Five million Brits now own risky crypto: City watchdog sounds alarm

Five million Brits now own high-risk crypto: City watchdog sounds alarm as UK investor numbers double in just a year

Nearly 5 million people in Britain own cryptocurrency despite warnings they could lose all their money.

When it announced its latest crackdown on what critics have called a “Wild West” industry, the Financial Conduct Authority (FCA) revealed last year that 9 percent of UK adults invested in digital tokens like bitcoin.

That amounts to 4.97 million men and women, more than double the 2.3 million who owned crypto assets in 2021.

With fears mounting that more people are taking unnecessary risks, the FCA has announced measures to make the industry safer.

It comes amid a major crackdown in the US, where regulators are targeting two of the world’s largest crypto exchanges: Binance and Coinbase.

Gamble: The Financial Conduct Authority revealed that 9% of adults in the UK invested in digital tokens like bitcoin last year

The Securities and Exchange Commission this week filed lawsuits against both, accusing Binance and its boss of “an elaborate web of deception” and “calculated evasion” of US laws.

Today, the FCA reiterates its warning that investors should be “prepared to lose all their money.”

The new measures include a mandatory ‘cooling off period’. Due to changes in advertising coming in from Oct. 8, companies will have to wait 24 hours before new customers can purchase cryptoassets — in the hopes of reducing the number of impulsive decisions.

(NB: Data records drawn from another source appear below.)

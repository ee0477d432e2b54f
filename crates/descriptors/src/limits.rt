// What a speed and a kind of set allow, and whether a number is allowed.
ghost use Rattle.std.specs.Prelude.{◌≡◌};
ghost use Rattle.descriptors.specs.Limits.{ranges_of, full_speed, paired_full, high_speed, super_speed, within, doubled, named, refused_types};
ghost use Rattle.descriptors.specs.Descriptor.{good_address, sized};

// A range of numbers, both ends in it.
// Kept: a RangeInclusive is not Copy.
#[derive(Clone, Copy)]
pub struct Range {
    pub least: u16,
    pub most: u16,
}

// What a speed allows of endpoints. `polling` and `period` are the bInterval of interrupt and isochronous endpoints; `bursts` is the largest number in
// wMaxPacketSize's bits 15-11.
#[derive(Clone, Copy)]
pub struct Ranges {
    pub bulk: Range,
    pub interrupt: Range,
    pub polling: Range,
    pub isochronous: Range,
    pub period: Range,
    pub bursts: u16,
}

// The speeds. Each has its ranges.
#[derive(Clone, Copy)]
pub enum Speed {
    Full,
    High,
    Super,
}

// What a kind of set allows. `control` is bMaxPacketSize0; bit t of `entries` stands for descriptor type t; `companions` asks for one after every
// endpoint.
#[derive(Clone, Copy)]
pub struct Limits {
    pub control: Range,
    pub speed: Speed,
    pub entries: u16,
    pub companions: bool,
}

// What full speed, high speed and SuperSpeed allow of endpoints.
const FULL_RANGES: Ranges = Ranges {
    bulk: Range { least: 8, most: 64 },
    interrupt: Range { least: 0, most: 64 },
    polling: Range {
        least: 1,
        most: 255,
    },
    isochronous: Range {
        least: 0,
        most: 1023,
    },
    period: Range { least: 1, most: 16 },
    bursts: 0,
};

const HIGH_RANGES: Ranges = Ranges {
    bulk: Range {
        least: 512,
        most: 512,
    },
    interrupt: Range {
        least: 0,
        most: 1024,
    },
    polling: Range { least: 1, most: 16 },
    isochronous: Range {
        least: 0,
        most: 1024,
    },
    period: Range { least: 1, most: 16 },
    bursts: 2,
};

const SUPER_RANGES: Ranges = Ranges {
    bulk: Range {
        least: 1024,
        most: 1024,
    },
    interrupt: Range {
        least: 1,
        most: 1024,
    },
    polling: Range { least: 1, most: 16 },
    isochronous: Range {
        least: 0,
        most: 1024,
    },
    period: Range { least: 1, most: 16 },
    bursts: 0,
};

impl Speed {
    // What the speed allows of endpoints.
    pub fn ranges(self) -> Ranges
        ensures { result ≡ ranges_of self }
    {
        match self {
            Speed::Full => FULL_RANGES,
            Speed::High => HIGH_RANGES,
            Speed::Super => SUPER_RANGES,
        }
    }
}

// ---- the limits of each kind of set
// Kept: docs/TRACE.md names these four by what they promise, and a constant would have no contract.
// The limits of full speed.
pub fn full_speed() -> Limits
    ensures { result ≡ full_speed }
{
    Limits {
        control: Range { least: 8, most: 64 },
        speed: Speed::Full,
        entries: 0x0E,
        companions: false,
    }
}

// The limits of SuperSpeed.
pub fn super_speed() -> Limits
    ensures { result ≡ super_speed }
{
    Limits {
        control: Range { least: 9, most: 9 },
        speed: Speed::Super,
        entries: 0x800E,
        companions: true,
    }
}

// The limits of the full-speed set of a pair.
pub fn paired_full() -> Limits
    ensures { result ≡ paired_full }
{
    Limits {
        control: Range { least: 8, most: 64 },
        speed: Speed::Full,
        entries: 0xCE,
        companions: false,
    }
}

// The limits of the high-speed set.
pub fn high_speed() -> Limits
    ensures { result ≡ high_speed }
{
    Limits {
        control: Range {
            least: 64,
            most: 64,
        },
        speed: Speed::High,
        entries: 0xCE,
        companions: false,
    }
}

// ---- a number by these limits
pub fn is_within(range: Range, x: u16) -> bool
    ensures { result ≡ within range x }
{
    (range.least <= x) & (x <= range.most)
}

// The range's least, or that doubled once, twice or three times.
pub fn is_doubled(range: Range, x: u16) -> bool
    ensures { result ≡ doubled range x }
{
    let least = range.least as u32;
    let size = x as u32;
    ((size == least) | (size == 2 * least) | (size == 4 * least) | (size == 8 * least))
        & (x <= range.most)
}

// Whether bit t of `types` is set.
pub fn is_named(types: u16, t: u8) -> bool
    ensures { result ≡ named types t }
{
    if t < 16 {
        return octets::test_bit(types as u32, t as u32);
    }
    false
}

// Whether a type is refused behind a body's first descriptor.
pub fn is_refused(t: u8) -> bool
    ensures { result ≡ named refused_types t }
{
    is_named(0xCE, t)
}

pub fn good_address(address: u8) -> bool
    ensures { result ≡ good_address address }
{
    (address / 16 % 8 == 0) & (1 <= address % 16)
}

pub fn is_sized(bursts: u16, range: Range, size: u16) -> bool
    ensures { result ≡ sized bursts range size }
{
    (range.least <= size % 2048) & (size % 2048 <= range.most) & (size / 2048 <= bursts)
}
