// What is looked up of the endpoints of a configuration: one by its address, and their bits in a word of the record.
ghost use Rattle.std.specs.Prelude.{◌≡◌, ◌<◌};
ghost use Rattle.descriptors.specs.Configuration.{bit_of};
ghost use Rattle.descriptors.specs.Lookup.{with_bit};

// An address's bit in a word of the record: e for OUT number e, 16 + e for IN.
pub fn bit_of(address: u8) -> u32
    ensures { (result ≡ bit_of address) × (result < 32) }
{
    (address % 16) as u32 + 16 * (address / 128) as u32
}

// The bits, with that of the endpoint that a descriptor lists if it is `wanted`.
pub fn with_bit(bits: u32, d: &[u8], wanted: bool) -> u32
    ensures { result ≡ with_bit bits wanted d.now }
{
    if wanted {
        return octets::set_bit(bits, bit_of(octets::peek(d, 2)));
    }
    bits
}
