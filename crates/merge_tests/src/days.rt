//! A merge by two keys, `day` and `user`, into a table that is partitioned by days.
ghost use Rattle.std.specs.Prelude.{◌≡◌, ◌==◌, true, length, IfOk, OnOk};
ghost use Rattle.std.specs.List.{list_all};
ghost use Rattle.op_types.specs.Bound.{is_matched_bound, is_merge_bound};

use merge_op::{MergeFault, Merged, merge_files};
use op_types::{Change, MergeOp, MergeSpec, SetTo};
use predicates::Expr;
use row_base::{Column, Datum, Items, Kind, NoMemory, Rows, ScannedFile, Schema, Text};
use std::alloc::Global;
use std::test::Fail;

/// A row of `day date, user string not null, amount long not null`.
type Sale = (i32, &'static str, i64);

/// 2024-02-28, in days since 1970-01-01.
const DAY: i32 = 19781;

const LEAP_DAY: i32 = 19782;

const FIRST: [Sale; 2] = [(DAY, "ann", 250), (DAY, "bob", 100)];

const SECOND: [Sale; 1] = [(LEAP_DAY, "ann", 75)];

const SOURCE: [Sale; 2] = [(LEAP_DAY, "ann", 80), (LEAP_DAY, "cy", 40)];

/// These rows.
#[tactic(auto, using(crate::proofs::Wide::one_sale))]
fn sales(alloc: Global, sales: &[Sale]) -> Result<Rows, NoMemory>
    ensures { IfOk result (λ rs. list_all (λ r. length r == 3) rs ≡ true) }
{
    let mut rows = Rows::new(alloc);
    for (day, user, amount) in sales {
        let user = Datum::Text(Text::make(alloc, user)?);
        rows.push_copy(&[Datum::Date(*day), user, Datum::Long(*amount)])?;
    }
    Ok(rows)
}

fn is_sale(row: &[Datum], sale: Sale) -> bool {
    match row {
        [Datum::Date(day), Datum::Text(user), Datum::Long(amount)] => {
            *day == sale.0 && user.as_str() == sale.1 && *amount == sale.2
        }
        _ => false,
    }
}

/// The file of a day.
fn day_file(alloc: Global, path: &str, rows: &[Sale]) -> Result<ScannedFile, NoMemory>
    ensures { IfOk result (λ f. list_all (λ r. length r == 3) f.rows ≡ true) }
{
    let rows = sales(alloc, rows)?;
    let path = Text::make(alloc, path)?;
    Ok(ScannedFile { path, rows })
}

/// The files of both days.
fn days(alloc: Global) -> Result<Vec<ScannedFile>, NoMemory>
    ensures { IfOk result (λ fs. list_all (λ f. list_all (λ r. length r == 3) f.rows) fs.items ≡ true) }
{
    let mut files = Vec::with_capacity(alloc, 2)?;
    files.push_reserved(day_file(alloc, "day=28", &FIRST)?);
    files.push_reserved(day_file(alloc, "day=29", &SECOND)?);
    Ok(files)
}

fn column(alloc: Global, name: &str, kind: Kind) -> Result<Column, NoMemory> {
    Ok(Column {
        name: Text::make(alloc, name)?,
        kind,
        nullable: name == "day",
    })
}

fn schema(alloc: Global) -> Result<Schema, NoMemory>
    ensures { IfOk result (λ s. length s.columns ≡ 3) }
{
    let mut columns = Vec::with_capacity(alloc, 3)?;
    columns.push_reserved(column(alloc, "day", Kind::Date)?);
    columns.push_reserved(column(alloc, "user", Kind::String)?);
    columns.push_reserved(column(alloc, "amount", Kind::Long)?);
    Schema::make(columns, Vec::from_slice(alloc, &[0u32])?).map_err(|_| NoMemory)
}

/// `amount = source.amount`
fn take_amount(alloc: Global) -> Result<Option<Change<u32>>, NoMemory>
    ensures { IfOk result (λ m. is_matched_bound 3 m ≡ true) }
{
    let mut sets = Vec::with_capacity(alloc, 1)?;
    sets.push_reserved(SetTo {
        column: 2,
        value: Expr::SourceCell(2),
    });
    Ok(Some(Change::Update(Items::from_vec(sets))))
}

/// `merge key (day, user) using .. when matched then update set amount = source.amount when not matched then insert`
fn merge_of(alloc: Global) -> Result<MergeOp, NoMemory>
    ensures { IfOk result (λ m. is_merge_bound 3 m ≡ true) }
{
    let mut keys = Vec::with_capacity(alloc, 2)?;
    keys.push_reserved(0);
    keys.push_reserved(1);
    let matched = take_amount(alloc)?;
    Ok(MergeSpec {
        keys: Items::from_vec(keys),
        source: sales(alloc, &SOURCE)?,
        matched,
        insert: true,
        by_source: None,
    })
}

fn merged(alloc: Global) -> Result<Merged, MergeFault> {
    let files = days(alloc)?;
    let schema = schema(alloc)?;
    let op = merge_of(alloc)?;
    merge_files(alloc, &op, &schema, files)
}

/// Whether only the file of the leap day is removed, and both of its new rows come.
fn is_right(merged: &Merged) -> bool {
    let [path] = merged.removed.as_slice() else {
        return false;
    };
    let (Some(first), Some(second)) = (merged.rows.get(0), merged.rows.get(1)) else {
        return false;
    };
    path.as_str() == "day=29"
        && merged.rows.len() == 2
        && is_sale(first, SOURCE[0])
        && is_sale(second, SOURCE[1])
}

#[test]
fn only_the_file_of_a_matched_row_is_replaced(rt: HostRuntime) -> Result<(), Fail> {
    let merged = merged(rt.alloc());
    let right = matches!(&merged, Ok(merged) if is_right(merged));
    drop(merged);
    assert!(rt; right);
    Ok(())
}
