//! Tests of merges.
#![tactic(auto)]

#[cfg(test)]
mod days;
#[cfg(test)]
mod pairs;
#[cfg(test)]
mod plain;
#[cfg(test)]
mod worked;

It also plans to ban “refer a friend” bonuses that are used to lure newbies, with the aim of diverting consumers, who may not understand that crypto is not backed by a central bank, from making a hasty decision.

The FCA has been on a mission to stamp out crypto-get-rich-quick scams, as well as celebrity endorsement of risky and unregulated products on social media.

In a report today, the FCA found that more than a third of consumers regret purchasing cryptoassets, while 46 percent of people said their investments are now worth less than the initial purchase value.

Sheldon Mills, executive director at the FCA, said: ‘Our rules give people the time and appropriate risk warnings to make an informed choice.

Consumers should still be aware that crypto remains largely unregulated and risky. Those who invest must be prepared to lose all their money.’

Laith Khalaf, head of investment analysis at AJ Bell, said: “The message to crypto companies is that if they want to play in the mass market, they have to play by the rules.”

Rio Stedford, financial planning expert at Quilter, said: “While some have made money from crypto, and there is nothing wrong with that, those who invest are taking a real gamble because they risk losing everything.

“It is particularly concerning when people are inexperienced investors and can be vulnerable to the social media promotions that can be highly misleading, and it is right that those who promote crypto will soon be held accountable.

These rules follow a major crackdown in the US and we could see even more changes in an effort to protect consumers.”

But critics say the measures do not go far enough.

Dame Angela Eagle, a Labor MP who sits on the Treasury committee, said that while the measures were ‘very welcome’, she wasn’t sure 24 hours was a long enough cooling-off period.

The FCA’s crackdown comes as the industry reels from increased scrutiny in the US. Walid Koudmani, at broker XTB, said US regulators hoped to “lead by example” with lawsuits against Binance and Coinbase. “Whatever the US does, British regulators are likely to follow suit,” he said.